Q: While valve manufacturers offer a variety of tools to assist users with valve sizing and selection, it can be a little unnerving for end-users to rely on a piece of software for the specification of technology. In your opinion, how effective are today’s valve sizing and selection tools in identifying the appropriate solution for a given application?

The latest generation of online valve configuration tools provide a simplified approach for end-users to perform such tasks as actuator selection and evaluating and selecting various valve accessories.

A: I believe that, for the most part, sizing programs are an improvement over mathematical calculations and slide rules. They reduce the instances of errors, but they are, as anything else, only as good as the data provided and used within the intended parameters of a simplified sizing technique typically suitable for an electronic sizing program. Some valve applications are simple, others are complex. These two extremes of sizing difficulty – and the fact that one is suitable for electronic sizing and the other is not – can add confusion and mystique to this task.

An example of a simple application would be potable water flowing at 150 F. A difficult application would be a corrosive, toxic, mixed chemical media with entrained solids flowing at high pressure and temperature. The valve selection process for the latter application would be far more complicated that the selection process for the former application.

To the best of my knowledge, there are no formalized valve "selection" tools. I believe this is primarily because of the complexity of the valve selection process for a significant number of applications, as well as the number of possible valve solutions available for a broad range of application scenarios.

That said, there is, however, a relatively new class of tools for valve users and specifiers called valve configurators. Configurators are generally online tools that aim to simplify actuator selection and the addition of various accessories to allow the user to build a virtual valve assembly, create the assembly part number, and either order the assembly online or use the accumulated information for specification and/or requisition purposes.

Q: Some end-users I’ve spoken to in recent years have expressed frustration at the complexity and cumbersome nature of valve sizing and selection. How has the latest generation of specification tools evolved to provide a more intuitive and streamlined approach on valve sizing & selection?

A: I can understand the frustration of some end-users.
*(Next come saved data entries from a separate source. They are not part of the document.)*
// The entries of a capacity file and the numbers of a picks file.
ghost use Rattle.std.specs.Prelude.{◌≡◌, ◌+◌, ◌++◌, ◌∷◌, [], ◌<◌, ◌^◌, length, map, IfErr, IfOk, None, OnOk, Ok};
ghost use Rattle.std.specs.List.{filter};
ghost use Rattle.sq_replay.specs.FileLines.{file_lines, has_text};
ghost use Rattle.sq_replay.specs.Entries.{IsBadLine, capacities_in, capacity_text, entries_from, entry_in, is_later, line_view, picks_from, picks_in, wide_number};

use crate::stream::{piece_at, without_mark, without_return};
use sq_csv::cut_first;
use sq_plan::Capacities;
use sq_value::read_short_number;
use std::alloc::{AllocError, Global};

/// Why a capacity or picks file isn't read.
#[derive(Clone, Copy, Debug, PartialEq, Eq, Drop)]
pub enum LineErr {
    /// The first bad line, counted from 1 among all lines.
    Bad { line: u32 },
    Memory,
}

/// An epoch has at most 13 digits.
const EPOCH_DIGITS: usize = 13;

/// Epochs are below this.
const EPOCH_LIMIT: u64 = 1 << 40;

/// A capacity has at most 24 digits.
const CAPACITY_DIGITS: usize = 24;

/// A pick has at most 10 digits.
const PICK_DIGITS: usize = 10;

/// Picks are below this.
const PICK_LIMIT: u64 = 1 << 32;

fn push_line<'a>(
    lines: &mut Vec<(u32, &'a [u8])>,
    number: u32,
    line: &'a [u8],
) -> Result<(), AllocError>
    ensures { OnOk result (map line_view lines.new.items ≡ map line_view lines.old.items ++ filter has_text ((number, line.now) ∷ [])) }
{
    if !line.is_empty() {
        lines.push((number, line))?;
    }
    Ok(())
}

/// The lines of a file that aren't empty, each with its number from 1 among all lines.
fn lines_of(alloc: Global, bytes: &[u8]) -> Result<Vec<(u32, &[u8])>, AllocError>
    requires { length bytes.now + 1 < 2 ^ 32 }
    ensures { IfOk result (λ v. map line_view v.items ≡ file_lines bytes.now) }
{
    let mut lines = Vec::new(alloc);
    let mut number = 0u32;
    let text = without_mark(bytes);
    let mut at = 0;
    while at <= text.len() {
        let (piece, next) = piece_at(text, at);
        at = next;
        number += 1;
        push_line(&mut lines, number, without_return(piece))?;
    }
    Ok(lines)
}

/// The number that 1 to 24 digits write.
fn read_wide(text: &[u8]) -> Option<u128>
    ensures { result ≡ wide_number text.now }
{
    if text.is_empty() || text.len() > CAPACITY_DIGITS {
        return None;
    }
    let mut number = 0u128;
    for byte in text {
        if *byte < 48 || *byte > 57 {
            return None;
        }
        number = number * 10 + u128::from(*byte - 48);
    }
    Some(number)
}

fn read_capacity(text: &[u8]) -> Option<Option<u128>>
    ensures { result ≡ capacity_text text.now }
{
    match text {
        [] => None,
        [b'-'] => Some(None),
        _ => match read_wide(text) {
            Some(capacity) => Some(Some(capacity)),
            None => None,
        },
    }
}

fn is_later(after: Option<u64>, epoch: u64) -> bool
    ensures { result ≡ is_later after epoch }
{
    match after {
        Some(last) => last < epoch,
        None => true,
    }
}

fn read_entry(after: Option<u64>, line: &[u8]) -> Option<(u64, Option<u128>)>
    ensures { result ≡ entry_in after line.now }
{
    let Some((first, second)) = cut_first(line, b',') else {
        return None;
    };
    if let Some((_third, _rest)) = cut_first(second, b',') {
        return None;
    }
    let Some(epoch) = read_short_number(first, EPOCH_DIGITS, EPOCH_LIMIT) else {
        return None;
    };
    if !is_later(after, epoch) {
        return None;
    }
    match read_capacity(second) {
        Some(capacity) => Some((epoch, capacity)),
        None => None,
    }
}

fn read_entries(alloc: Global, lines: &[(u32, &[u8])]) -> Result<Vec<(u64, Option<u128>)>, LineErr>
    ensures entries { IfOk result (λ v. entries_from None (map line_view lines.now) ≡ Ok v.items) }
    ensures bad { IfErr result (λ e. IsBadLine e (entries_from None (map line_view lines.now))) }
{
    let mut entries = Vec::new(alloc);
    let mut after = None;
    for line in lines {
        let Some(entry) = read_entry(after, line.1) else {
            return Err(LineErr::Bad { line: line.0 });
        };
        after = Some(entry.0);
        if entries.push(entry).is_err() {
            return Err(LineErr::Memory);
        }
    }
    Ok(entries)
}

/// The capacities of a file, or its first bad line: a line is an epoch, 1 to 13 digits of a number below 2^40 that is greater
/// than the epoch of the line before, a comma, and `-` for unlimited or 1 to 24 digits. A mark of byte order, the ends of
/// lines and empty lines are as in a stream.
pub fn read_capacities(alloc: Global, bytes: &[u8]) -> Result<Capacities, LineErr>
    requires { length bytes.now + 1 < 2 ^ 32 }
    ensures entries { IfOk result (λ c. capacities_in bytes.now ≡ Ok c) }
    ensures bad { IfErr result (λ e. IsBadLine e (capacities_in bytes.now)) }
{
    let Ok(lines) = lines_of(alloc, bytes) else {
        return Err(LineErr::Memory);
    };
    match read_entries(alloc, &lines) {
        Ok(entries) => Ok(Capacities::new(entries)),
        Err(e) => Err(e),
    }
}

fn read_numbers(alloc: Global, lines: &[(u32, &[u8])]) -> Result<Vec<u32>, LineErr>
    ensures numbers { IfOk result (λ v. picks_from (map line_view lines.now) ≡ Ok v.items) }
    ensures bad { IfErr result (λ e. IsBadLine e (picks_from (map line_view lines.now))) }
{
    let mut numbers = Vec::new(alloc);
    for line in lines {
        let Some(number) = read_short_number(line.1, PICK_DIGITS, PICK_LIMIT) else {
            return Err(LineErr::Bad { line: line.0 });
        };
        if numbers.push(number as u32).is_err() {
            return Err(LineErr::Memory);
        }
    }
    Ok(numbers)
}

/// The numbers of a picks file, or its first bad line: a line is 1 to 10 digits of a number below 2^32. A mark of byte order,
/// the ends of lines and empty lines are as in a stream.
pub fn read_picks(alloc: Global, bytes: &[u8]) -> Result<Vec<u32>, LineErr>
    requires { length bytes.now + 1 < 2 ^ 32 }
    ensures numbers { IfOk result (λ v. picks_in bytes.now ≡ Ok v.items) }
    ensures bad { IfErr result (λ e. IsBadLine e (picks_in bytes.now)) }
{
    let Ok(lines) = lines_of(alloc, bytes) else {
        return Err(LineErr::Memory);
    };
    match read_numbers(alloc, &lines) {
        Ok(numbers) => Ok(numbers),
        Err(e) => Err(e),
    }
}
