// The time of a line that breaks no rule, told without making its values. Which rule a line breaks isn't asked here, and of
// the lines that break none nothing is told of those with a number or a boolean in quotes.
ghost use Rattle.std.specs.Prelude.{◌≡◌, ◌≤◌, IfOk, IfSome, List, drop, false, length, true};
ghost use Rattle.std.specs.List.{list_all};
ghost use Rattle.sq_csv.specs.Cuts.{begins_quoted, below_128, ends_line};
ghost use Rattle.sq_value.specs.declared.Value.{Value as V};
ghost use Rattle.sq_replay.specs.Cuts.{AreRead, ReadsAt, ReadsField, ReadsLine};

use crate::plain::{cut_int, cut_tick, is_ascii, text_of};
use sq_csv::{cut_bare, cut_quote, line_ends_at, skip_digits, stands_at, unquote};
use sq_value::{Kind, read_value};
use std::alloc::{AllocError, Global};

/// A text value has at most so many bytes.
const TEXT_LENGTH: usize = 255;

/// The end of a field at a place, if it is a value of a kind without texts.
#[inline(always)]
fn behind_read(alloc: Global, kind: Kind, text: &[u8], from: usize) -> Option<usize>
    requires within { from ≤ length text.now }
    requires bare { begins_quoted (drop from text.now) ≡ false }
    ensures { IfSome result (λ at. (v : V) × ReadsAt kind text.now from v at) }
{
    let Some((at, ascii)) = cut_bare(text, from) else {
        return None;
    };
    let Some(read) = text_of(&text[from..at], ascii) else {
        return None;
    };
    match read_value(alloc, kind, read) {
        Ok(_) => Some(at),
        Err(_) => None,
    }
}

/// Whether a field is a text value, or empty. `ascii` tells whether all its bytes are of ASCII.
#[inline(always)]
fn is_text(field: &[u8], ascii: bool) -> bool
    requires { ascii ≡ list_all below_128 field.now }
    ensures { result ≡ true → (v : V) × ReadsField Kind.Text field.now v }
{
    if field.len() > TEXT_LENGTH {
        return false;
    }
    match text_of(field, ascii) {
        Some(_) => true,
        None => false,
    }
}

/// The end of a field at a place, if it is a text value.
#[inline(always)]
fn behind_text(text: &[u8], from: usize) -> Option<usize>
    requires within { from ≤ length text.now }
    requires bare { begins_quoted (drop from text.now) ≡ false }
    ensures { IfSome result (λ at. (v : V) × ReadsAt Kind.Text text.now from v at) }
{
    let Some((at, ascii)) = cut_bare(text, from) else {
        return None;
    };
    if is_text(&text[from..at], ascii) {
        return Some(at);
    }
    None
}

/// The end of a field at a place, if it is empty or a number of so few digits that 64 bits hold any of them.
#[inline(always)]
fn behind_int(alloc: Global, text: &[u8], from: usize) -> Option<usize>
    requires within { from ≤ length text.now }
    requires bare { begins_quoted (drop from text.now) ≡ false }
    ensures { IfSome result (λ at. (v : V) × ReadsAt Kind.Int text.now from v at) }
{
    if let Some(at) = skip_digits(text, from) {
        return Some(at);
    }
    match cut_int(text, from) {
        Some((_, at)) => Some(at),
        None => behind_read(alloc, Kind::Int, text, from),
    }
}

#[inline(always)]
fn behind_bare(alloc: Global, kind: Kind, text: &[u8], from: usize) -> Option<usize>
    requires within { from ≤ length text.now }
    requires bare { begins_quoted (drop from text.now) ≡ false }
    ensures { IfSome result (λ at. (v : V) × ReadsAt kind text.now from v at) }
{
    match kind {
        Kind::Int => behind_int(alloc, text, from),
        Kind::Text => behind_text(text, from),
        Kind::Bool => behind_read(alloc, Kind::Bool, text, from),
    }
}

/// The end of a text value that has quotes within its quotes.
fn behind_doubled(
    text: &[u8],
    from: usize,
    unquoted: &mut Vec<u8>,
) -> Result<Option<usize>, AllocError>
    requires { begins_quoted (drop from text.now) ≡ true }
    ensures { IfOk result (λ o. IfSome o (λ at. (v : V) × ReadsAt Kind.Text text.now from v at)) }
{
    let Some(at) = unquote(text, from + 1, unquoted)? else {
        return Ok(None);
    };
    let field = unquoted.as_slice();
    if is_text(field, is_ascii(field)) {
        return Ok(Some(at));
    }
    Ok(None)
}

/// The end of a text value that stands in quotes.
#[inline(always)]
fn behind_quoted(
    text: &[u8],
    from: usize,
    unquoted: &mut Vec<u8>,
) -> Result<Option<usize>, AllocError>
    requires { begins_quoted (drop from text.now) ≡ true }
    ensures { IfOk result (λ o. IfSome o (λ at. (v : V) × ReadsAt Kind.Text text.now from v at)) }
{
    let Some((quote, ascii)) = cut_quote(text, from + 1) else {
        return Ok(None);
    };
    if stands_at(text, quote + 1, b'"') {
        return behind_doubled(text, from, unquoted);
    }
    if is_text(&text[from + 1..quote], ascii) {
        return Ok(Some(quote + 1));
    }
    Ok(None)
}

/// The end of the field at `from`, if the fast path accepts it. None: the slow path has to look.
#[inline(always)]
fn behind_first(
    alloc: Global,
    kind: Kind,
    text: &[u8],
    from: usize,
    unquoted: &mut Vec<u8>,
) -> Result<Option<usize>, AllocError>
    requires { from ≤ length text.now }
    ensures { IfOk result (λ o. IfSome o (λ at. (v : V) × ReadsAt kind text.now from v at)) }
{
    match (kind, stands_at(text, from, b'"')) {
        (Kind::Text, true) => behind_quoted(text, from, unquoted),
        (_, true) => Ok(None),
        (_, false) => Ok(behind_bare(alloc, kind, text, from)),
    }
}

/// The end of the line, if the fast path accepts the fields that are left. None: the slow path has to look.
#[inline(always)]
fn behind_values(
    alloc: Global,
    kinds: &[Kind],
    text: &[u8],
    from: usize,
    unquoted: &mut Vec<u8>,
) -> Result<Option<usize>, AllocError>
    requires { from ≤ length text.now }
    ensures { IfOk result (λ o. IfSome o (λ end. (vs : List V) × AreRead kinds.now text.now from vs end × (ends_line (drop end text.now) ≡ true))) }
{
    let mut at = from;
    for kind in kinds {
        if !stands_at(text, at, b',') {
            return Ok(None);
        }
        let Some(next) = behind_first(alloc, *kind, text, at + 1, unquoted)? else {
            return Ok(None);
        };
        at = next;
    }
    if !line_ends_at(text, at) {
        return Ok(None);
    }
    Ok(Some(at))
}

/// The tick of the tuple of the line at `from`, and the line's end, if the fast path accepts it and no tuple before it is later
/// than `latest`. None: the slow path has to look.
#[inline(always)]
pub(crate) fn time_at_once(
    alloc: Global,
    kinds: &[Kind],
    latest: u64,
    text: &[u8],
    from: usize,
    unquoted: &mut Vec<u8>,
) -> Result<Option<(u64, usize)>, AllocError>
    requires { from ≤ length text.now }
    ensures { IfOk result (λ o. IfSome o (λ p. (vs : List V) × ReadsLine kinds.now latest text.now from (record { time = p.0; fields = vs }) p.1)) }
{
    let Some((time, at)) = cut_tick(latest, text, from) else {
        return Ok(None);
    };
    match behind_values(alloc, kinds, text, at, unquoted)? {
        Some(end) => Ok(Some((time, end))),
        None => Ok(None),
    }
}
But as I mentioned before, some applications are fairly simple, while others can be extremely complex. This is the reason I went into so much detail above. I was trying to convey the possible complexities of some applications. You have the valve selection exercise, the valve sizing exercise, and the valve assembly configuration exercise, all of which are interrelated.

I feel the valve assembly configurator offers a more intuitive and streamlined approach for end-users, but it is neither a valve selection nor sizing tool. This tool would be better described as a valve actuator sizing tool.

Nevertheless, I believe online valve configurators are the most exciting recent advance in modern valve application tools. These tools can save the user a significant amount of time by enabling quick-and-easy configuration, identification and pricing of valve assemblies. Further, configurators can be used, in many instances, to explore and compare various options in a minimum amount of time.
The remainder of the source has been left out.